1\. Soon after India become an independent nation in 1947, Prime Minister
Jawaharlal Nehru sought to create a single civil code for the entire country.
Although it had one criminal code, created by the British in 1860, there was
no civil code that applied to all citizens in all of the previously British
provinces or the hundreds of tiny and large states ruled by Nawabs, Princes
and Maharajas. There was considerable opposition to this, especially to
clauses that would have allowed women an equal share in ancestral property. It
took almost a decade to see this though parliament and into law because of how
much opposition this had. Its worth remembering that as the party that won
India its Independence, Nehru had more support in Parliament than any
government since, except one. At some point though, Nehru decided to exclude
Muslims from the ambit of the Code, simply because it would have likely sunk
the bill. All the leaders who had any pull with the Muslim community had left
to Pakistan and there was simply no one who could convince the remaining
Muslims that ditching Sharia for the new Code would be beneficial. So the
Hindu code bills[1] were passed. (Incidentally, it applied to Jains, Sikhs and
Buddhists as well)

2\. In 1978 a woman named Shah Bano Begum [2] was divorced by her husband and
left destitute. She sued for alimony and was granted it by the local courts.
Her ex-husband appealed to the Supreme Court, which rejected his appeal. The
Prime Minister at that time, Rajiv Gandhi then passed a law ironically called
The Muslim Women (Protection of Rights on Divorce) Act, 1986, that nullified
the Supreme Court's judgment in the Shah Bano judgment. He did so for he
feared that he would lose votes in the next election if he didn't.
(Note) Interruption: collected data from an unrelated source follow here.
// What a reply without a fault says.
ghost use Rattle.std.specs.Prelude.{◌≡◌, IfOk, codes, false, [], map};
ghost use Rattle.json_subset.specs.Documents.{IsPart, form, member_named, part};
ghost use Rattle.policy_core.specs.Replies as says;

use crate::children::{entry, entry_count, item, item_count};
use crate::policy::{Policy, Statement};
use gw_base::{Memory, Seq, Text};
use json_subset::{Doc, Kind, NodeId};
use std::alloc::Global;

/// The policy of a reply.
#[tactic(auto, unfolding(crate::specs::Replies::policy_of))]
pub fn policy_of(alloc: Global, doc: &Doc, node: NodeId) -> Result<Policy, Memory>
    requires { IsPart doc.now node }
    ensures { IfOk result (λ policy. policy ≡ says.policy_of doc.now.text (part doc.now node)) }
{
    Ok(Policy {
        principal: member_text(alloc, doc, node, "principalId")?,
        statements: member_document(alloc, doc, node, "policyDocument")?,
        context: member_context(alloc, doc, node, "context")?,
    })
}

/// The statements of the policy document that is the member of this name.
fn member_document(
    alloc: Global,
    doc: &Doc,
    node: NodeId,
    name: &str,
) -> Result<Seq<Statement>, Memory>
    requires { IsPart doc.now node }
    ensures { IfOk result (λ list. list ≡ says.in_member [] says.document_statements (member_named (form (part doc.now node)) name.now)) }
{
    match doc.member(node, name) {
        Some(document) => member_statements(alloc, doc, document, "Statement"),
        None => Ok(Seq::new(alloc)),
    }
}

fn member_statements(
    alloc: Global,
    doc: &Doc,
    node: NodeId,
    name: &str,
) -> Result<Seq<Statement>, Memory>
    requires { IsPart doc.now node }
    ensures { IfOk result (λ list. list ≡ says.in_member [] says.statements_of (member_named (form (part doc.now node)) name.now)) }
{
    match doc.member(node, name) {
        Some(value) => statements_in(alloc, doc, value),
        None => Ok(Seq::new(alloc)),
    }
}

/// A statement, or each statement of a list.
fn statements_in(alloc: Global, doc: &Doc, node: NodeId) -> Result<Seq<Statement>, Memory>
    requires { IsPart doc.now node }
    ensures { IfOk result (λ list. list ≡ says.statements_of (part doc.now node)) }
{
    let mut statements = Seq::new(alloc);
    match doc.kind(node) {
        Kind::List(_) => each_statement(alloc, doc, node),
        Kind::Object(_) => {
            statements.push(statement_of(alloc, doc, node)?)?;
            Ok(statements)
        }
        Kind::Null | Kind::Bool(_) | Kind::Whole(_) | Kind::Decimal | Kind::Wide | Kind::Text => {
            Ok(statements)
        }
    }
}

fn each_statement(alloc: Global, doc: &Doc, node: NodeId) -> Result<Seq<Statement>, Memory>
    requires { IsPart doc.now node }
    ensures { IfOk result (λ list. list ≡ map says.statement_of (says.items (form (part doc.now node)))) }
{
    let mut statements = Seq::new(alloc);
    for i in 0..item_count(doc, node) {
        let Some(statement) = item(doc, node, i) else {
            return Ok(statements);
        };
        statements.push(statement_of(alloc, doc, statement)?)?;
    }
    Ok(statements)
}

#[tactic(auto, unfolding(crate::specs::Replies::statement_of))]
fn statement_of(alloc: Global, doc: &Doc, node: NodeId) -> Result<Statement, Memory>
    requires { IsPart doc.now node }
    ensures { IfOk result (λ statement. statement ≡ says.statement_of (part doc.now node)) }
{
    Ok(Statement {
        allow: allows(doc, node),
        actions: member_texts(alloc, doc, node, "Action")?,
        resources: member_texts(alloc, doc, node, "Resource")?,
    })
}

fn allows(doc: &Doc, node: NodeId) -> bool
    requires { IsPart doc.now node }
    ensures { result ≡ says.in_member false says.allows (member_named (form (part doc.now node)) (codes "Effect")) }
{
    match doc.member(node, "Effect") {
        Some(effect) => doc.text(effect) == Some("Allow"),
        None => false,
    }
}

fn member_texts(alloc: Global, doc: &Doc, node: NodeId, name: &str) -> Result<Seq<Text>, Memory>
    requires { IsPart doc.now node }
    ensures { IfOk result (λ list. list ≡ says.in_member [] says.texts_of (member_named (form (part doc.now node)) name.now)) }
{
    match doc.member(node, name) {
        Some(value) => texts_of(alloc, doc, value),
        None => Ok(Seq::new(alloc)),
    }
}

/// A text, or each text of a list.
fn texts_of(alloc: Global, doc: &Doc, node: NodeId) -> Result<Seq<Text>, Memory>
    requires { IsPart doc.now node }
    ensures { IfOk result (λ list. list ≡ says.texts_of (part doc.now node)) }
{
    let mut texts = Seq::new(alloc);
    match doc.kind(node) {
        Kind::Text => {
            texts.push(text_of(alloc, doc, node)?)?;
            Ok(texts)
        }
        Kind::List(_) => each_text(alloc, doc, node),
        Kind::Null
        | Kind::Bool(_)
        | Kind::Whole(_)
        | Kind::Decimal
        | Kind::Wide
        | Kind::Object(_) => Ok(texts),
    }
}

fn each_text(alloc: Global, doc: &Doc, node: NodeId) -> Result<Seq<Text>, Memory>
    requires { IsPart doc.now node }
    ensures { IfOk result (λ list. list ≡ map says.text_of (says.items (form (part doc.now node)))) }
{
    let mut texts = Seq::new(alloc);
    for i in 0..item_count(doc, node) {
        let Some(text) = item(doc, node, i) else {
            return Ok(texts);
        };
        texts.push(text_of(alloc, doc, text)?)?;
    }
    Ok(texts)
}

/// The names and texts of the context that is the member of this name.
fn member_context(
    alloc: Global,
    doc: &Doc,
    node: NodeId,
    name: &str,
) -> Result<Seq<(Text, Text)>, Memory>
    requires { IsPart doc.now node }
    ensures { IfOk result (λ list. list ≡ says.in_member [] (says.context_of doc.now.text) (member_named (form (part doc.now node)) name.now)) }
{
    match doc.member(node, name) {
        Some(context) => each_kept(alloc, doc, context),
        None => Ok(Seq::new(alloc)),
    }
}

fn each_kept(alloc: Global, doc: &Doc, node: NodeId) -> Result<Seq<(Text, Text)>, Memory>
    requires { IsPart doc.now node }
    ensures { IfOk result (λ list. list ≡ says.context_of doc.now.text (part doc.now node)) }
{
    let mut kept = Seq::new(alloc);
    for i in 0..entry_count(doc, node) {
        let Some(member) = entry(doc, node, i) else {
            return Ok(kept);
        };
        kept.push((copied(alloc, member.0)?, kept_text(alloc, doc, member.1)?))?;
    }
    Ok(kept)
}

/// A value of a context as its text: the text of a string, and the source text of another value.
fn kept_text(alloc: Global, doc: &Doc, node: NodeId) -> Result<Text, Memory>
    requires { IsPart doc.now node }
    ensures { IfOk result (λ text. text ≡ says.kept_text doc.now.text (part doc.now node)) }
{
    match doc.text(node) {
        Some(text) => copied(alloc, text),
        None => copied(alloc, doc.span(node)),
    }
}

fn member_text(alloc: Global, doc: &Doc, node: NodeId, name: &str) -> Result<Text, Memory>
    requires { IsPart doc.now node }
    ensures { IfOk result (λ text. text ≡ says.in_member [] says.text_of (member_named (form (part doc.now node)) name.now)) }
{
    match doc.member(node, name) {
        Some(value) => text_of(alloc, doc, value),
        None => Ok(Text::of(String::new(alloc))),
    }
}

fn text_of(alloc: Global, doc: &Doc, node: NodeId) -> Result<Text, Memory>
    requires { IsPart doc.now node }
    ensures { IfOk result (λ text. text ≡ says.text_of (part doc.now node)) }
{
    match doc.text(node) {
        Some(text) => copied(alloc, text),
        None => Ok(Text::of(String::new(alloc))),
    }
}

fn copied(alloc: Global, text: &str) -> Result<Text, Memory>
    ensures { IfOk result (λ copy. copy ≡ text.now) }
{
    Ok(Text::of(String::from_str(alloc, text)?))
}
And that is the reason that Muslim women in India get such a raw deal.
However, the party in power at the centre and in most states is the BJP, a
party that does not seek any Muslim votes to win elections. They have also
been promising a Civil Code that will apply to all citizens for about 2
decades now. Some time next year, they will have the numbers in both Houses of
Parliament to make that a reality.

The main sticking point that will be difficult to reconcile is that Muslim men
are allowed to marry multiple times while the current Hindu Civil Code doesn't
allow that. If a Uniform Code is enacted, the status of these existing
marriages would be in question.

[1] -
[https://en.wikipedia.org/wiki/Hindu_code_bills](https://en.wikipedia.org/wiki/Hindu_code_bills)

[2] -
[https://en.wikipedia.org/wiki/Mohd._Ahmed_Khan_v._Shah_Bano_...](https://en.wikipedia.org/wiki/Mohd._Ahmed_Khan_v._Shah_Bano_Begum)

------
dan7678
That's incredibly unfortunate... in areas like that, people hardly know a
thing about Islam but can label themselves Muslims and then pretend they're
practicing it. Preference of boys over girls as children in Islam is a huge
sin -- written so explicitly in the Qur'an. But the families and people
described in the story clearly don't care and thus are hardly Muslims. I hope
she finds a safer setting soon.

With that said, divorce in a Muslim setting is no free lunch. The couple
agrees before the marriage on a certain amount of money (or any other thing)
given to the woman in case of divorce. The only time that isn't given is when
the woman asks for it herself (for obvious reasons -- the woman can 'play' the
man into a marriage in very lenient divorce terms, and divorce on purpose
afterwards for it). Not sure what the terms of divorce were for this woman and
her past 3 marriages, but she should be careful what she agrees on.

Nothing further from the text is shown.